» **Exercise objective**:
Below are the records; pull every line that includes "holds".

Stored data entries:
━━━━━━━━━━━━━━━━━━━━━━━━━━━━━━

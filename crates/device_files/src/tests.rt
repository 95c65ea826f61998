//! Files in memory, which tell what they hold, as those of a set and of a replacement are made; and the lines of
//! faults.
ghost use Rattle.std.specs.Prelude.{◌≡◌, true};

mod reopening;
mod superblocks;
mod system_files;

use super::growing::{Growing, lengthen, renew};
use super::opening::make_safe;
use super::slot_files::before_of;
use super::{Before, DeviceFiles, FolderFault, Reason, SLOTS, Shortage, folder_status};
use crate::testing::{Full, WHOLE, same};
use sector_model::Refusal;
use std::io::{self, ErrorKind};
use std::process::Abort;

// Lets so many calls pass, and then fails one.
#[derive(Clone, Copy, Drop)]
struct Fault {
    left: u64,
    kind: ErrorKind,
}

impl Fault {
    // Counts a call, which may be the one that fails.
    fn pass(&mut self) -> io::Result<()> {
        let left = self.left;
        self.left = left.saturating_sub(1);
        if left == 1 {
            return Err(self.kind.into());
        }
        Ok(())
    }
}

// A file that takes at most so many bytes a call, and of whose calls that change or sync it one fails.
#[derive(Drop)]
struct Bytes {
    bytes: Vec<u8>,
    most: usize,
    fault: Fault,
    is_synced: bool,
}

impl Growing for Bytes {
    ghost use Rattle.std.specs.Prelude.{◌≡◌, true, ⊤};

    ghost tells = { true };

    ghost told = { λ file. file.bytes.items };

    ghost is_safe = { λ file. file.is_synced ≡ true };

    ghost is_locked = { λ _. ⊤ };

    ghost has_failed = { λ _. ⊤ };

    ghost sync_failed = { λ _ _. ⊤ };

    fn size(&self) -> io::Result<u64> {
        Ok(self.bytes.len() as u64)
    }

    fn append(&mut self, bytes: &[u8]) -> io::Result<usize> {
        self.fault.pass()?;
        let count = bytes.len().min(self.most);
        self.bytes.extend_from_slice(&bytes[..count])?;
        self.is_synced = false;
        Ok(count)
    }

    fn stretch(&mut self, bytes: u64) -> io::Result<()> {
        self.fault.pass()?;
        if self.bytes.len() < bytes as usize {
            self.bytes.resize(bytes as usize, 0)?;
            self.is_synced = false;
        }
        Ok(())
    }

    fn cut(&mut self, bytes: u64) -> io::Result<()> {
        self.fault.pass()?;
        self.bytes.truncate(bytes as usize);
        self.is_synced = false;
        Ok(())
    }

    fn sync(&mut self) -> io::Result<()> {
        self.fault.pass()?;
        self.is_synced = true;
        Ok(())
    }
}

// A file of two bytes, of whose calls the one of this number fails, where they are counted from 1; 0 is none.
fn file_of(rt: &(impl Abort + AllocGlobal), most: usize, left: u64, kind: ErrorKind) -> Bytes {
    Bytes {
        bytes: vec![in rt.alloc(); 7, 8].expect(rt, "memory"),
        most,
        fault: Fault { left, kind },
        is_synced: false,
    }
}

// What a file of two bytes holds once it is lengthened, and once it is renewed.
static MADE: &[(u64, &[u8], &[u8])] = &[
    (0, &[7, 8], &[7, 8]),
    (1, &[7, 8], &[7, 8]),
    (2, &[7, 8], &[7, 8]),
    (3, &[7, 8, 0], &[0, 0, 0]),
    (6, &[7, 8, 0, 0, 0, 0], &[0, 0, 0, 0, 0, 0]),
];

#[test]
fn a_file_that_is_too_short(rt: HostRuntime) {
    for (bytes, longer, newer) in MADE {
        for most in [1, 3, WHOLE] {
            for reserve in [true, false] {
                let mut file = file_of(&rt, most, 0, ErrorKind::Other);
                same(&rt, lengthen(&mut file, *bytes, reserve).is_ok(), true);
                let found = (*bytes, most, file.is_synced, file.bytes.as_slice());
                same(&rt, found, (*bytes, most, true, *longer));
            }
            let mut file = file_of(&rt, most, 0, ErrorKind::Other);
            same(&rt, renew(&mut file, *bytes).is_ok(), true);
            let found = (*bytes, most, file.is_synced, file.bytes.as_slice());
            same(&rt, found, (*bytes, most, true, *newer));
        }
    }
}

// What a file of two bytes that gets five holds where the call of this number fails: of those that lengthen it, three
// append a byte and one syncs it.
static LENGTHENED: &[(u64, bool, &[u8])] = &[
    (1, false, &[7, 8]),
    (2, false, &[7, 8, 0]),
    (3, false, &[7, 8, 0, 0]),
    (4, false, &[7, 8, 0, 0, 0]),
    (5, true, &[7, 8, 0, 0, 0]),
];

#[test]
fn no_byte_is_lost_where_a_file_cannot_be_lengthened(rt: HostRuntime) {
    for (call, is_done, bytes) in LENGTHENED {
        let mut file = file_of(&rt, 1, *call, ErrorKind::StorageFull);
        let kind = lengthen(&mut file, 5, true).err().map(|error| error.kind());
        let fault = if *is_done {
            None
        } else {
            Some(ErrorKind::StorageFull)
        };
        let found = (*call, kind, file.is_synced, file.bytes.as_slice());
        same(&rt, found, (*call, fault, *is_done, *bytes));
    }
}

// The same of one whose length is set by one call, and that another one syncs.
static STRETCHED: &[(u64, bool, &[u8])] = &[
    (1, false, &[7, 8]),
    (2, false, &[7, 8, 0, 0, 0]),
    (3, true, &[7, 8, 0, 0, 0]),
];

#[test]
fn a_file_whose_length_cannot_be_set(rt: HostRuntime) {
    for (call, is_done, bytes) in STRETCHED {
        let mut file = file_of(&rt, 1, *call, ErrorKind::StorageFull);
        same(&rt, lengthen(&mut file, 5, false).is_ok(), *is_done);
        let found = (*call, file.is_synced, file.bytes.as_slice());
        same(&rt, found, (*call, *is_done, *bytes));
    }
}

// The same of one that is renewed: one call empties it, five append a byte, and one syncs it.
static RENEWED: &[(u64, bool, &[u8])] = &[
    (1, false, &[7, 8]),
    (2, false, &[]),
    (3, false, &[0]),
    (6, false, &[0, 0, 0, 0]),
    (7, false, &[0, 0, 0, 0, 0]),
    (8, true, &[0, 0, 0, 0, 0]),
];

#[test]
fn a_file_that_cannot_be_renewed(rt: HostRuntime) {
    for (call, is_done, bytes) in RENEWED {
        let mut file = file_of(&rt, 1, *call, ErrorKind::StorageFull);
        same(&rt, renew(&mut file, 5).is_ok(), *is_done);
        let found = (*call, file.is_synced, file.bytes.as_slice());
        same(&rt, found, (*call, *is_done, *bytes));
    }
}

#[test]
fn a_call_that_is_interrupted(rt: HostRuntime) {
    for call in [1, 2, 3] {
        let mut file = file_of(&rt, 1, call, ErrorKind::Interrupted);
        same(&rt, lengthen(&mut file, 5, true).is_ok(), true);
        let found = (call, file.is_synced, file.bytes.as_slice());
        same(&rt, found, (call, true, &[7, 8, 0, 0, 0]));
    }
}

#[test]
fn a_file_that_takes_no_byte(rt: HostRuntime) {
    let mut file = file_of(&rt, 0, 0, ErrorKind::Other);
    let kind = lengthen(&mut file, 3, true).err().map(|error| error.kind());
    same(&rt, kind, Some(ErrorKind::WriteZero));
    same(&rt, file.bytes.as_slice(), &[7, 8]);
    same(&rt, lengthen(&mut file, 2, true).is_ok(), true);
}

// So many bytes are appended at once.
const PART: usize = 65_536;

// Two parts and one byte are appended by three calls, and a fourth one syncs the file.
#[test]
fn a_file_that_gets_many_bytes(rt: HostRuntime) {
    for (call, length) in [(3, 2 * PART + 2), (4, 2 * PART + 3), (5, 2 * PART + 3)] {
        let mut file = file_of(&rt, WHOLE, call, ErrorKind::StorageFull);
        let is_done = lengthen(&mut file, 2 * PART as u64 + 3, true).is_ok();
        same(&rt, (call, is_done), (call, call == 5));
        same(&rt, (call, file.bytes.len()), (call, length));
        let zeros = file.bytes.iter().filter(|byte| **byte == 0).count();
        same(&rt, zeros, length - 2);
    }
}

// Ten files, of which that of slot 9 answers its first sync with this fault, if with any.
fn ten_files(rt: &(impl Abort + AllocGlobal), fault: Option<ErrorKind>) -> DeviceFiles<Bytes> {
    let mut files = Vec::new(rt.alloc());
    for slot in 0..SLOTS {
        let left = if slot == 9 && fault.is_some() { 1 } else { 0 };
        let kind = fault.unwrap_or(ErrorKind::Other);
        files
            .push(Some(file_of(rt, WHOLE, left, kind)))
            .expect(rt, "memory");
    }
    assert!(rt; files.len() == SLOTS);
    DeviceFiles {
        files,
        before: [Before::Same; SLOTS],
        unsynced: [false; SLOTS],
        barred: [None; SLOTS],
    }
}

// How many of the files are there and were synced, and whether the last one is marked.
fn synced(files: &DeviceFiles<Bytes>) -> (usize, bool) {
    let there = files.files.iter().flatten();
    (
        there.filter(|file| file.is_synced).count(),
        files.unsynced[9],
    )
}

// All ten files are synced. One whose sync fails is used no more; a sync that is interrupted is made again.
#[test]
fn files_that_are_opened(rt: HostRuntime) {
    for (fault, found) in [
        (None, (10, false)),
        (Some(ErrorKind::Interrupted), (10, false)),
        (Some(ErrorKind::Other), (9, true)),
    ] {
        let mut files = ten_files(&rt, fault);
        same(&rt, make_safe(&mut files).is_ok(), true);
        same(&rt, synced(&files), found);
    }
}

// A file of two bytes was made by another program, also where its path led to none before; an empty one was created.
#[test]
fn a_file_that_another_program_made_meanwhile(rt: HostRuntime) {
    let mut file = file_of(&rt, WHOLE, 0, ErrorKind::Other);
    same(&rt, before_of(true, &file) == Before::Same, true);
    same(&rt, before_of(false, &file) == Before::Same, true);
    file.bytes.truncate(0);
    same(&rt, before_of(true, &file) == Before::Absent, true);
    same(&rt, before_of(false, &file) == Before::Same, true);
}

// The line of each fault over the folder `a/b`.
static LINES: &[(FolderFault, &str)] = &[
    (FolderFault::NoFile(3), "cannot make dev3.img\n"),
    (FolderFault::InUse(9), "in use dev9.img\n"),
    (
        FolderFault::NotOpened(3, Reason::Permission),
        "cannot open dev3.img: permission denied\n",
    ),
    (
        FolderFault::NotOpened(0, Reason::NotPermitted),
        "cannot open dev0.img: operation not permitted\n",
    ),
    (
        FolderFault::NotOpened(4, Reason::ReadOnly),
        "cannot open dev4.img: read-only file system\n",
    ),
    (
        FolderFault::NotOpened(5, Reason::TooManyFiles),
        "cannot open dev5.img: too many open files\n",
    ),
    (
        FolderFault::NotOpened(6, Reason::TooManyFilesInSystem),
        "cannot open dev6.img: too many open files in system\n",
    ),
    (FolderFault::NotRegular(7), "not a regular file: dev7.img\n"),
    (
        FolderFault::NotSafe(3, Shortage::Space),
        "cannot sync dev3.img: no space left on device\n",
    ),
    (
        FolderFault::NotSafe(8, Shortage::Quota),
        "cannot sync dev8.img: disk quota exceeded\n",
    ),
    (
        FolderFault::OtherSet(5),
        "another set with this id: dev5.img\n",
    ),
    (FolderFault::Absent(2), "no file: dev2.img\n"),
    (
        FolderFault::SetThere(*b"0123456789\xab\xcd\xef\x00\xff\x10"),
        "there is a set: 30313233343536373839abcdef00ff10\n",
    ),
    (FolderFault::NotSynced, "cannot sync a/b\n"),
    (
        FolderFault::Refused(Refusal::NotUsable),
        "refused 11 NotUsable\n",
    ),
];

// The status, and what a writer that takes so many bytes got.
fn tells(
    rt: &(impl Abort + AllocGlobal),
    done: Result<(), FolderFault>,
    room: usize,
    (status, text): (u8, &str),
) {
    let mut err = Full {
        text: Vec::new(rt.alloc()),
        room,
    };
    let found = folder_status(done, "a/b", &mut err);
    same(rt, (found, err.text.as_slice()), (status, text.as_bytes()));
}

#[test]
fn lines_of_faults(rt: HostRuntime) {
    tells(&rt, Ok(()), WHOLE, (0, ""));
    for (fault, text) in LINES {
        tells(&rt, Err(*fault), WHOLE, (1, text));
        tells(&rt, Err(*fault), 0, (1, ""));
        tells(&rt, Err(*fault), 5, (1, &text[..5]));
    }
}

━━━━━━━━━━━━━━━━━━━━━━━━━━━━━━

» **Answer for the task**:
// What a file of two bytes holds once it is lengthened, and once it is renewed.
// What a file of two bytes that gets five holds where the call of this number fails: of those that lengthen it, three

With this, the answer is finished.